Why Be Simple when You Can Be Microsoft?

Last week, Microsoft launched its much hyped iPod competitor, dubbed Zune. The Zune is another mp3 player, with the ability to share songs with other nearby Zunes. Pricing for the Zune itself is straightforward, and basically at parity to the iPod. What’s funny is the song pricing. Rather than just let people buy songs for $0.99 or albums for $9.99 (Apple is actually looking to be more consumer friendly, mulling the idea of giving credit towards complete albums for songs already purchased), Microsoft wants you to purchase points. Each point is worth 1.25 cents, but you can’t buy less than $5 worth of points. Microsoft is trying to As Adrian Kinsley-Hughes points out over at ZDNet, this will encourage people to buy more than one song, juke-box style, and the points can also be used on Microsoft’s XBox Live network. However, Microsoft is using the milking strategy that serves them so well in their core software businesses with the penetration strategy they need to crack a new market. Note that “penetration” does not have to mean “low.” It just means that you don’t put unnecessary barriers between you and the customer.

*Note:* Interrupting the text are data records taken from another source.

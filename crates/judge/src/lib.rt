// The judge (RULES 6, 8, 9.1, 9.2, 9.11): one answer to every file, the first broken rule in the order
// of RULES 6.1; the table, the measures and the sums in the lent buffers; and a layer's two sums. Every
// public function takes every file and every buffer.
//
// The contracts cite `specs/`: `Rulebook` has the rules in that order, `Outcomes` what is answered and
// what each lent buffer holds afterwards.
#![tactic(auto)]

ghost use Rattle.std.specs.Prelude.{◌≡◌, [], ◌∷◌, suc, ◌+◌, ◌*◌, ◌≤◌, length, IfOk};
ghost use Rattle.std.proofs.lemmas.List.Edits.{sets};
ghost use Rattle.verdict.specs.Rules.{Fine, check, block, first_broken};
ghost use Rattle.walk.specs.Row.{areas_word};
ghost use Rattle.walk.specs.States.{counts_at, Countable};
ghost use Rattle.walk.specs.Stages.{records_of, stage_two};
ghost use Rattle.walk.specs.Table.{table_of, filled};
ghost use Rattle.layers.specs.Naming.{words_before};
ghost use Rattle.layers.specs.Passing.{bases_of};
ghost use Rattle.measures.specs.Points.{first_of};
ghost use Rattle.entries.specs.Keeping.{kept_measure, Kept};
ghost use Rattle.ground.specs.Layers.{area_of_layer, areas_sum, outside_sum, measures_to};
ghost use Rattle.judge.specs.Rulebook.{late, eighth, measure_rule, layer_rule, pair_rule};
ghost use Rattle.judge.specs.Outcomes.{judged_of, table_judged, told_behind, outcome_told, outcome_of, table_after, measures_after};
ghost use Rattle.judge.specs.Outcomes.{layer_told, sums_told, sums_of, table_after_sums, outcome_of_all, table_after_all, pairs_to, sums_after};
ghost use Rattle.judge.specs.Measuring.{Measurable, kept_area, outside_at, Summable, SummableTo};

use entries::LineMeasures;
use layers::{Bases, Layer};
use verdict::{Refusal, Verdict};
use walk::{Counts, Refused};

// What is answered: a refusal's number and place, or 0 at 0, 0; the file's meshes, layers, nodes, lines,
// areas and records, 0 where it is refused; and the words that it needs where the table is too short (9),
// 0 elsewhere. It is C's layout, so it is no `Result`; nor are the sums below.
#[repr(C)]
#[derive(Clone, Copy)]
pub struct Outcome {
    pub number: u32,
    pub place: u32,
    pub column: u32,
    pub meshes: u32,
    pub layers: u32,
    pub nodes: u32,
    pub lines: u32,
    pub areas: u32,
    pub records: u32,
    pub need: u64,
}

// What is answered for a layer: a refusal's number and place, or 0 at 0, 0; the sum of the areas'
// measures, and the outside sum.
#[repr(C)]
#[derive(Clone, Copy)]
pub struct Sums {
    pub number: u32,
    pub place: u32,
    pub column: u32,
    pub areas: i64,
    pub outside: i64,
}

// ---- the stages

// Where the lines and the areas begin in the table of a file with these counts.
fn bases_of(c: Counts) -> Bases
    requires { (c.layers ≤ 6399936) × (c.lines ≤ 6399936) }
    ensures { result ≡ bases_of c }
{
    let rows = walk::ROW_LENGTH * c.layers;
    Bases {
        lines: rows as u32,
        areas: (rows + c.lines) as u32,
    }
}

// Stages 3 to 6 of a file that keeps the rules up to refusal 9; `table` is its table.
fn judge_late(file: &[u8], table: &[u32], c: Counts) -> Verdict
    requires { (table.now ≡ table_of file.now) × (c ≡ counts_at file.now (records_of file.now)) × (first_broken (stage_two file.now) ≡ Fine) }
    ensures { result ≡ first_broken (late file.now) }
{
    let b = bases_of(c);
    totals::stage_three(file)?;
    links::stage_four(file, table, b)?;
    loops::stage_five(file, table, b)?;
    sides::stage_six(file, table, b)
}

// All stages: the counts, or the refusal. The table is left in the first words of `table`, and refused with 1 to 9
// `table` is left as it was.
fn judge_file(file: &[u8], table: &mut [u32]) -> Result<Counts, Refused>
    ensures { (result ≡ judged_of file.now (length table.old)) × (table.new ≡ table_judged file.now table.old) }
{
    let counts = walk::fill_table(file, table)?;
    judge_late(file, &table[..counts.words], counts)?;
    Ok(counts)
}

// What a call asks behind all stages: what is not `kept` is refused with `number`, at no place.
fn asked(number: u32, kept: bool) -> Verdict
    ensures { result ≡ first_broken (block eighth 0 (check 0 number kept ∷ [])) }
{
    if kept {
        return Ok(());
    }
    Err(Refusal {
        number,
        place: 0,
        column: 0,
    })
}

// ---- measures

// The measure of the area whose A is record `a`, the sum of its loops', by the line measures `kept` of its
// layer.
fn area_measure(file: &[u8], l: Layer, kept: &LineMeasures, a: usize) -> i64
    requires { (a ≤ 4294967295) × Measurable file.now (kept_measure l kept.now) a }
    ensures { result ≡ kept_area file.now l kept.now a }
{
    let mut sum: i64 = 0;
    let mut f = a + 1;
    for _ in 0..entries::loops_at(file, a) {
        sum += kept.loop_measure(file, l, f);
        f += entries::loop_records(file, f);
    }
    sum
}

// The measures of a layer's areas, from place `at` on.
fn fill_layer(
    file: &[u8],
    table: &[u32],
    l: Layer,
    kept: &LineMeasures,
    at: usize,
    measures: &mut [i64],
)
    requires { (at + l.areas ≤ length measures.old) × Kept file.now table.now l kept.now × Summable file.now table.now l }
    ensures { measures.new ≡ sets measures.old at (first_of (λ a. area_of_layer file.now table.now l (suc a)) l.areas) }
{
    for a in 0..l.areas as usize {
        measures[at + a] = area_measure(file, l, kept, layers::area_word(table, l, a));
    }
}

// The measures of all areas of the first `n` layers, in file order.
fn fill_measures(file: &[u8], table: &[u32], b: Bases, n: usize, measures: &mut [i64])
    requires { SummableTo file.now table.now b n × (words_before table.now areas_word n ≤ length measures.old) }
    ensures { measures.new ≡ filled (measures_to file.now table.now b n) measures.old }
{
    let mut kept = LineMeasures::none();
    let mut at: usize = 0;
    for i in 0..n {
        let l = layers::layer_in(table, b, i);
        kept.keep(file, table, l);
        fill_layer(file, table, l, &kept, at, measures);
        at += l.areas as usize;
    }
}

// The sum of a layer's areas' measures.
fn areas_sum(file: &[u8], table: &[u32], l: Layer, kept: &LineMeasures) -> i64
    requires { Kept file.now table.now l kept.now × Summable file.now table.now l }
    ensures { result ≡ areas_sum file.now table.now l }
{
    let mut sum: i64 = 0;
    for a in 0..l.areas as usize {
        sum += area_measure(file, l, kept, layers::area_word(table, l, a));
    }
    sum
}

// What line `n` adds to the outside sum: its measure, where only its left area is 0; taken away, where
// only its right one is.
fn outside_at(file: &[u8], table: &[u32], l: Layer, kept: &LineMeasures, n: usize) -> i64
    requires { (n ≤ 9999) × Kept file.now table.now l kept.now }
    ensures { result ≡ outside_at file.now table.now l n }
{
    let v = n as i32;
    let r = layers::line_of(table, l, v);
    let left = permitted::is_zero(records::value_at(file, r, records::LEFT_AREA));
    let right = permitted::is_zero(records::value_at(file, r, records::RIGHT_AREA));
    match (left, right) {
        (true, false) => kept.line_measure(l, v),
        (false, true) => -kept.line_measure(l, v),
        _ => 0,
    }
}

// A layer's outside sum.
fn outside_sum(file: &[u8], table: &[u32], l: Layer, kept: &LineMeasures) -> i64
    requires { Kept file.now table.now l kept.now × Summable file.now table.now l }
    ensures { result ≡ outside_sum file.now table.now l }
{
    let mut sum: i64 = 0;
    for i in 0..l.lines as usize {
        sum += outside_at(file, table, l, kept, i + 1);
    }
    sum
}

// The sum of a layer's areas' measures, and its outside sum; `table` is the table of an accepted file. What
// `kept` held doesn't matter.
fn sums_in(file: &[u8], table: &[u32], l: Layer, kept: &mut LineMeasures) -> (i64, i64)
    requires { Summable file.now table.now l }
    ensures { result ≡ (areas_sum file.now table.now l, outside_sum file.now table.now l) }
{
    kept.keep(file, table, l);
    (
        areas_sum(file, table, l, kept),
        outside_sum(file, table, l, kept),
    )
}

// The two sums of each of the first `n` layers, in file order.
fn fill_sums(file: &[u8], table: &[u32], b: Bases, n: usize, sums: &mut [i64])
    requires { SummableTo file.now table.now b n × (2 * n ≤ length sums.old) }
    ensures { sums.new ≡ filled (pairs_to file.now table.now b n) sums.old }
{
    let mut kept = LineMeasures::none();
    for i in 0..n {
        let (areas, outside) = sums_in(file, table, layers::layer_in(table, b, i), &mut kept);
        sums[2 * i] = areas;
        sums[2 * i + 1] = outside;
    }
}

// ---- the calls

// What a call answers: the counts and records of acceptance, or the refusal by its number, with the need
// where it is told. How large the counts are is kept as a clause, as in `walk`: it grows with each record, so it is no
// invariant of `Counts`.
fn outcome_of(file: &[u8], judged: Result<Counts, Refused>) -> Outcome
    requires { IfOk judged Countable }
    ensures { result ≡ outcome_told judged (records_of file.now) }
{
    match judged {
        Ok(c) => Outcome {
            number: 0,
            place: 0,
            column: 0,
            meshes: c.meshes as u32,
            layers: c.layers as u32,
            nodes: c.nodes as u32,
            lines: c.lines as u32,
            areas: c.areas as u32,
            records: walk::records_of(file) as u32,
            need: 0,
        },
        Err(r) => Outcome {
            number: r.refusal.number,
            place: r.refusal.place,
            column: r.refusal.column,
            meshes: 0,
            layers: 0,
            nodes: 0,
            lines: 0,
            areas: 0,
            records: 0,
            need: r.counts.words as u64,
        },
    }
}

// Judges a file, asks for a place for each measure, and fills them in.
fn judge_measures(file: &[u8], table: &mut [u32], measures: &mut [i64]) -> Result<Counts, Refused>
    ensures told { result ≡ told_behind file.now (length table.old) (measure_rule (length measures.old)) }
    ensures table { table.new ≡ table_after file.now (length measures.old) table.old }
    ensures measures { measures.new ≡ measures_after file.now (length table.old) measures.old }
{
    let counts = judge_file(file, table)?;
    asked(19, counts.areas <= measures.len())?;
    fill_measures(
        file,
        &table[..counts.words],
        bases_of(counts),
        counts.layers,
        measures,
    );
    Ok(counts)
}

// Judges a file, and leaves its table in the first words of `table` and its areas' measures in the first
// places of `measures`. Refused with 1 to 9, it leaves `table` as it was; refused at all, `measures`.
pub fn load(file: &[u8], table: &mut [u32], measures: &mut [i64]) -> Outcome
    ensures { (result ≡ outcome_of file.now (length table.old) (length measures.old)) × (table.new ≡ table_after file.now (length measures.old) table.old) × (measures.new ≡ measures_after file.now (length table.old) measures.old) }
{
    outcome_of(file, judge_measures(file, table, measures))
}

// What the layer sums answer: the two sums, or the refusal by its number and two sums of 0.
fn sums_of(judged: Result<(i64, i64), Refused>) -> Sums
    ensures { result ≡ sums_told judged }
{
    match judged {
        Ok((areas, outside)) => Sums {
            number: 0,
            place: 0,
            column: 0,
            areas,
            outside,
        },
        Err(Refused { refusal, .. }) => Sums {
            number: refusal.number,
            place: refusal.place,
            column: refusal.column,
            areas: 0,
            outside: 0,
        },
    }
}

// Judges a file, asks for layer number `layer`, and adds up its two sums.
fn judge_layer(file: &[u8], table: &mut [u32], layer: u32) -> Result<(i64, i64), Refused>
    ensures told { result ≡ layer_told (told_behind file.now (length table.old) (layer_rule layer)) file.now layer }
    ensures table { table.new ≡ table_after_sums file.now layer table.old }
{
    let counts = judge_file(file, table)?;
    let i = layer as usize;
    asked(22, 1 <= i && i <= counts.layers)?;
    let mut kept = LineMeasures::none();
    let words = &table[..counts.words];
    let l = layers::layer_in(words, bases_of(counts), i - 1);
    Ok(sums_in(file, words, l, &mut kept))
}

// Judges a file and gives the two sums of layer number `layer`, 1 being the file's first: the sum of its
// areas' measures and the outside sum. They are 0 where the call is refused, with 22 where there is no
// such layer. `table` is left as `load` leaves it.
pub fn layer_sums(file: &[u8], table: &mut [u32], layer: u32) -> Sums
    ensures { (result ≡ sums_of file.now (length table.old) layer) × (table.new ≡ table_after_sums file.now layer table.old) }
{
    sums_of(judge_layer(file, table, layer))
}

// Judges a file, asks for two places for each layer, and fills the sums in. Kept beside `judge_measures`: each
// promises a buffer of its own.
fn judge_sums(file: &[u8], table: &mut [u32], sums: &mut [i64]) -> Result<Counts, Refused>
    ensures told { result ≡ told_behind file.now (length table.old) (pair_rule (length sums.old)) }
    ensures table { table.new ≡ table_after_all file.now (length sums.old) table.old }
    ensures sums { sums.new ≡ sums_after file.now (length table.old) sums.old }
{
    let counts = judge_file(file, table)?;
    asked(48, 2 * counts.layers <= sums.len())?;
    fill_sums(
        file,
        &table[..counts.words],
        bases_of(counts),
        counts.layers,
        sums,
    );
    Ok(counts)
}

// Judges a file once for all of its layers, and leaves the two sums of each, in file order, in the first
// places of `sums`. Refused, with 48 where there are fewer than two places a layer, it leaves `sums` as it
// was. `table` is left as `load` leaves it.
pub fn all_sums(file: &[u8], table: &mut [u32], sums: &mut [i64]) -> Outcome
    ensures { (result ≡ outcome_of_all file.now (length table.old) (length sums.old)) × (table.new ≡ table_after_all file.now (length sums.old) table.old) × (sums.new ≡ sums_after file.now (length table.old) sums.old) }
{
    outcome_of(file, judge_sums(file, table, sums))
}
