//! One book with a journal, which threads share as whole turns: each call of [`Turn::act`] is one
//! event of one history.
#![tactic(auto)]

mod journal;
mod journaled;
mod rule;
mod table;
mod turn;

pub use journal::Journal;
pub use journaled::Journaled;
pub use turn::{Pass, Turn};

Microsoft can’t bundle free content with Windows, since that would create antitrust issues. However, the major media companies currently fear Apple’s dominance over their content more than Microsoft’s. The folks from Redmond could have negotiated a deal with the record labels to provide 50 or 100 free songs with every Zune purchase, much like the discount CD clubs. Then they could have just mirrored Apple’s pricing.

Instead, they had to go make it complicated. Perhaps the tech giant can’t help it– see this hilarious take on what would have happened if Microsoft had developed the iPod, a parody produced by Microsoft’s own marketing team.